Uma
Linda Mulher
Contardo Calligaris(*)
Se você
ama uma mulher por ela ser prostituta, tente entender a fantasia que está atrás
de seu amor.
Numa cobertura da Vila Leopoldina, em São Paulo, na noite de 19 de
maio, Elize Araújo Matsunaga, 30, assassinou o marido, Marcos Matsunaga, 42,
com um tiro na cabeça. Na manhã seguinte, com uma faca de cozinha, Elize
esquartejou o cadáver, de modo a poder transportar os pedaços em três malas.
Logo, ela foi se desfazer das malas e da faca.
Esse
fato de crônica tem tudo para se tornar literatura de cordel. Há o sangue frio
de Elize depois do crime. Há a diferença social entre Marcos, empresário e
herdeiro da Yoki, que acaba de ser vendida por R$ 1,7 bilhão, e Elize,
enfermeira e bacharel em direito, mas de origem bem humilde.
Além
disso, o ciúme foi um dos motivos: na noite do crime, Marcos acabava de ser
confrontado por Elize, que conseguira a prova da infidelidade do marido. Mais:
o horror aconteceu depois de seis ou sete anos do que foi, ao que tudo indica,
uma genuína paixão; a filha, de um ano, estava no apartamento, dormindo,
durante o crime; foi Marcos que transmitiu a Elize o interesse pelo tiro e
pelas armas (havia 30, todas registradas, no apartamento).
Mas,
acima de tudo, o que transforma a história do casal em matéria de cordel é o
fato de que Marcos encontrou Elize, em 2004, num site de garotas de programa.
A
informação parece ser repetida pela imprensa como uma mensagem aos homens: olhe
o risco que você corre, se você amar uma prostituta e casar com ela.
Ora,
quero corrigir esse lembrete. Se você se apaixonar por uma prostituta (ex ou
não, tanto faz) e quiser se casar com ela, recomendo apenas uma cautela, que
não tem nada a ver com sua futura mulher e tudo a ver com você.
Claro,
a culpa do crime de 19 de maio é só de Elize, mas o lembrete preventivo é para
os homens, embora chegue tarde para Marcos.
Se
você ama uma mulher que por acaso é prostituta, aí, tudo bem; mas, se você ama
essa mulher POR ELA SER prostituta, atenção: nesse caso, seria sábio você se
familiarizar com a fantasia que sustenta seu amor. Qual é, em geral, a fantasia
em questão?
Todo
mundo se lembra de "Uma Linda Mulher", filme adorável de Garry
Marshall, em que o rico Edward (Richard Gere) se apaixona por Vivian (Julia
Roberts), uma prostituta que ele "levantou" na rua. Será que a
história de Marcos e Elize é "Uma Linda Mulher" sem o final feliz?

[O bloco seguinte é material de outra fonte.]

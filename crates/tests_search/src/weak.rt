// A guide that shows nothing before a point is reached, to try the search with.
ghost use Rattle.std.specs.Prelude.{◌≡◌, ◌+◌, ◌*◌, ℕ, true, false, refl};
ghost use Rattle.tree_search.specs.Ranges.{AreOrdered, IsPoint};
ghost use Rattle.tree_search.specs.Costs.{IsAtMost, IsBelow};
ghost use Rattle.tests_search.specs.Weak.{IsWeakCost, number_of, weak_rules};

use cert_lines::Leaf;
use lin_rows::Column;
use std::alloc::{AllocError, Global};
use tree_search::{Guide, Node, Proposal, Split, middle, open_place};

/// A guide under which each choice costs 1, and no leaf says so but at a point.
#[derive(Drop)]
pub struct Weak {
    /// What a leaf says at least once evidence was asked for.
    pub evidence: u128,
    /// Whether it ends the search as soon as it is asked.
    pub is_ending: bool,
}

// A column with this number.
fn column_at(place: usize) -> Column
    ensures { number_of result ≡ place }
{
    Column::X {
        item: (place / 4_294_967_296) as u32,
        period: (place % 4_294_967_296) as u32,
    }
}

// What this guide says of a node.
fn weakly_said(node: &Node, state: &mut Option<u128>) -> Proposal
    requires ordered { AreOrdered node.now.ranges.items }
    requires state { IsWeakCost state.old }
    ensures state { IsWeakCost state.new }
    ensures kept { IsAtMost state.new state.old }
    ensures examined { result.examined ≡ false }
    ensures point { IsBelow result.says state.new → IsPoint node.now.ranges.items → ⊥ }
{
    if open_place(&node.ranges).is_some() {
        return Proposal {
            leaf: Leaf::Point,
            says: Some(0),
            examined: false,
            note: None,
        };
    }
    *state = Some(1);
    Proposal {
        leaf: Leaf::Point,
        says: Some(1),
        examined: false,
        note: None,
    }
}

impl Guide<Option<u128>> for Weak {
    ghost rules = { λ guide. weak_rules };

    ghost IsNode = { λ guide rs path. Unit {0} };

    ghost Grows = { λ a b. Unit {0} };

    ghost Holds = { λ guide state rs path proposal. Unit {0} };

    ghost IsHeir = { λ guide state rs path proposal. Unit {0} };

    ghost IsEvident = { λ guide rs path proposal. proposal.examined ≡ true };

    ghost IsState = { λ guide state. IsWeakCost state };

    ghost cost = { λ state. state };

    ghost may_stop = { λ guide state. guide.is_ending };

    ghost sides = { λ guide most rs path c at node split. tt };

    ghost same = { λ a. tt };

    ghost grows_on = { λ a b c first second. tt };

    ghost may_on = { λ guide a b grows. refl };

    ghost stays = { λ guide a b rs path p grows holds. tt };

    ghost heirs = { λ guide state most rs path c at p holds split. tt };

    fn best(&self, state: &Option<u128>) -> Option<u128> {
        *state
    }

    fn start(
        &self,
        _: Global,
        node: &Node,
        state: &mut Option<u128>,
    ) -> Result<Proposal, AllocError> {
        Ok(weakly_said(node, state))
    }

    fn propose(
        &self,
        _: Global,
        node: &Node,
        _: &Proposal,
        state: &mut Option<u128>,
    ) -> Result<Proposal, AllocError> {
        Ok(weakly_said(node, state))
    }

    fn branch(&self, node: &Node, _: &Proposal, _: &Option<u128>) -> Split {
        match open_place(&node.ranges) {
            Some(place) => Split {
                column: column_at(place),
                place,
                at: middle(&node.ranges, place),
            },
            None => unreachable!(),
        }
    }

    fn ask(
        &self,
        _: Global,
        _: &Node,
        proposal: Proposal,
        _: &mut Option<u128>,
    ) -> Result<Proposal, AllocError> {
        let says = match proposal.says {
            Some(number) => Some(number.max(self.evidence)),
            None => None,
        };
        Ok(Proposal {
            leaf: proposal.leaf,
            says,
            examined: true,
            note: proposal.note,
        })
    }

    fn stops(&self, _: Option<u128>, _: &mut Option<u128>) -> bool {
        self.is_ending
    }
}
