use cert_checker::check;
use certificate::{Claim, is_writable, read_certificate, write_certificate};
use fixtures::{Item, PLAIN, instance, instance_alike};
use lot_model::{Instance, is_uncoupled};
use lot_sizing::limits::{MAX_ITEMS, MAX_PERIODS};
use search_result::{Found, RootSays};
use std::alloc::Global;
use std::process::Abort;
use uncoupled::plan_uncoupled;

// All of A is made in the first period, and all of B in the second.
const BEST: &str = "lotcert 1\nclaim optimal 134\ncuts 2\n\
    block 1 f 100 20 g 0 0 h 1 1 b 0 0 p 100 106\n\
    block 2 f 100 20 g 0 0 h 1 1 b 2 2 p 28 28\n\
    linear 1 2\npart cut 1 1\npart cut 2 1\nend\n";

// The largest demand and cost.
const MOST: i64 = 1_000_000_000;

// Of 16 units 10 are asked for, and 5 may be left.
const FULL: &str = "lotcert 1\nclaim infeasible\ncuts 0\nfarkas 3\n\
    part balance 2 1 -1\npart balance 2 2 -1\npart endmax 2 1\nend\n";

// An item that is asked for 4 and 6, with setup costs 100 and 20 and hold cost 1.
const FIRST: Item<'static> = Item {
    demand: &[4, 6],
    setup_cost: &[100, 20],
    hold_cost: &[1],
    ..PLAIN
};

// Another one.
const SECOND: Item<'static> = Item { name: "B", ..FIRST };

// What is found of an instance, once the checker accepts it.
fn accepted(rt: &impl Abort, alloc: Global, instance: &Instance) -> Found {
    if !is_uncoupled(instance) {
        panic!(rt; "coupled");
    }
    let found = plan_uncoupled(alloc, instance).expect(rt, "memory");
    if check(alloc, instance, &found.certificate, found.plan.as_ref()).is_err() {
        panic!(rt; "not accepted");
    }
    found
}

// The text of a certificate, once it is read.
fn read_text(rt: &impl Abort, alloc: Global, bytes: &[u8]) -> Vec<u8> {
    let read = read_certificate(alloc, bytes).expect(rt, "not read");
    write_certificate(alloc, &read).expect(rt, "memory")
}

// The text of what is found, once it is read back.
fn text(rt: &impl Abort, alloc: Global, found: &Found) -> Vec<u8> {
    let bytes = write_certificate(alloc, &found.certificate).expect(rt, "memory");
    let again = read_text(rt, alloc, &bytes);
    if again.as_slice() != bytes.as_slice() {
        panic!(rt; "another certificate");
    }
    bytes
}

// Whether what is found is read back as this text.
fn is_text(rt: &impl Abort, alloc: Global, found: &Found, want: &str) -> bool {
    let bytes = text(rt, alloc, found);
    bytes.as_slice() == want.as_bytes()
}

// What is found of A and of another item, once the checker accepts it.
fn found_with(rt: &impl Abort, alloc: Global, other: Item) -> Found {
    let instance = instance(alloc, 2, &[], &[FIRST, other]).expect(rt, "an instance");
    accepted(rt, alloc, &instance)
}

// What is found of A and of B, which may be late.
fn found_late(rt: &impl Abort, alloc: Global) -> Found {
    let owed = Item {
        backlog_cost: Some(&[2]),
        ..SECOND
    };
    found_with(rt, alloc, owed)
}

// What is found of A and of B, of which more is left than may be.
fn found_full(rt: &impl Abort, alloc: Global) -> Found {
    let full = Item {
        opening: 16,
        end_max: Some(5),
        ..SECOND
    };
    found_with(rt, alloc, full)
}

// How much is made of the first of two items in the first of two periods, and of the second one in the second.
fn made(rt: &impl Abort, found: &Found) -> (u64, u64) {
    match &found.plan {
        Some(plan) => {
            if (plan.make.items(), plan.make.periods()) != (2, 2) {
                panic!(rt; "another instance");
            }
            (plan.make.get(1, 1), plan.make.get(2, 2))
        }
        None => panic!(rt; "no plan"),
    }
}

#[test]
fn a_best_plan_is_proved(rt: HostRuntime) {
    let alloc = rt.alloc();
    let found = found_late(&rt, alloc);
    let certificate = &found.certificate;
    assert_eq!(rt;
        (certificate.claim, certificate.cuts.len()),
        (Claim::Optimal(134), 2)
    );
    assert_eq!(rt; (found.root, found.nodes), (RootSays::Uncoupled, 1));
    assert_eq!(rt;
        (made(&rt, &found), is_text(&rt, alloc, &found, BEST)),
        ((10, 10), true)
    );
}

#[test]
fn that_there_is_no_room_is_proved(rt: HostRuntime) {
    let alloc = rt.alloc();
    let found = found_full(&rt, alloc);
    let claim = found.certificate.claim;
    assert_eq!(rt; (claim, found.plan.is_none()), (Claim::Infeasible, true));
    assert_eq!(rt; (found.root, found.nodes), (RootSays::Uncoupled, 1));
    assert!(rt; is_text(&rt, alloc, &found, FULL));
}

// What is claimed of one item with the largest amounts in one period.
fn largest(rt: &impl Abort, alloc: Global) -> Claim {
    let only = Item {
        demand: &[MOST],
        unit_cost: &[MOST],
        setup_cost: &[MOST],
        ..PLAIN
    };
    let instance = instance(alloc, 1, &[], &[only]).expect(rt, "an instance");
    accepted(rt, alloc, &instance).certificate.claim
}

#[test]
fn the_largest_amounts_are_proved(rt: HostRuntime) {
    let alloc = rt.alloc();
    assert_eq!(rt;
        largest(&rt, alloc),
        Claim::Optimal(1_000_000_001_000_000_000)
    );
}

// What is found of as many items and periods as there may be, which are asked for a unit in each period.
fn found_most(rt: &impl Abort, alloc: Global) -> Found {
    let item = Item {
        demand: &[1],
        setup_cost: &[5],
        ..PLAIN
    };
    let instance = instance_alike(alloc, MAX_PERIODS, &[], MAX_ITEMS, &item).expect(
        rt,
        "an instance",
    );
    accepted(rt, alloc, &instance)
}

#[test]
fn the_most_items_are_proved(rt: HostRuntime) {
    let alloc = rt.alloc();
    let found = found_most(&rt, alloc);
    // One setup of each item, in the first period.
    let certificate = &found.certificate;
    assert_eq!(rt;
        (certificate.claim, certificate.cuts.len()),
        (Claim::Optimal(200), 40)
    );
    assert!(rt; is_writable(&found.certificate));
    text(&rt, alloc, &found);
}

De
fato, sempre pensei que, depois dos sorrisos do fim do filme, Edward e Vivian
acabariam mal -talvez não tão mal quanto Marcos e Elize, mas mal. Por quê?
Logo
quando Edward decide trazer Vivian para o seu mundo, ele "acha graça"
confessar a um amigo que aquela linda mulher que está com ele é uma prostituta
de rua.
Prognóstico
inelutável. Um dia, Edward não resistirá à fantasia que lhe fez escolher
Vivian: ele a humilhará (e se humilhará), lembrando, eventualmente diante de
amigos e parentes, que Vivian vem da sarjeta e que ele poderia jogá-la de volta
para lá.
Na
noite do dia 19, segundo a confissão de Elize, Marcos a ameaçou: "Vou te
mandar de volta para o lixo de onde você veio". Ele também declarou que,
se a mulher quisesse se separar, a filha ficaria com ele, pois será que um juiz
daria a guarda da menina a uma prostituta? (Eu aposto que sim, mas sou
otimista...).
Em
regra, o desejo de um homem que se apaixona por prostitutas (e planeja
"redimi-las") é sustentado por uma fantasia (inconsciente) de
vingança -contra a mulher e contra ele mesmo, por ter se deixado seduzir.
Explico.
A
sexualidade de muitos homens é patologicamente neurótica: eles olham para o
sexo pelo buraco da fechadura do quarto dos pais. Nessa ótica infantil, não se
salva ninguém: é "puta" qualquer mulher que vai com os outros, ou
seja, todas as mulheres são "putas", inclusive a mãe (surpreendentemente),
porque ela vai com pai, padrasto e companhia -enquanto, para a gente, ela só
tem carinho contido.
Para
o homem de calça curta, ajoelhado diante da fechadura, a "puta" é um
paradoxo: vergonhosamente acessível a todos, salvo a ele.
É
nessa infantilidade que nascem a misoginia básica, o gosto da violência contra
as prostitutas, a ideia de que todas as mulheres, se não são prostitutas,
sonham com isso e uma preferência amorosa quase exclusiva por meretrizes.
Quando
um desses homens ama uma prostituta e se casa com ela, seu ressentimento pode
se calar em nome do amor, mas só por um tempo: ainda ele vai puni-la por ter
sido e ser para sempre a "puta" que vai com os outros.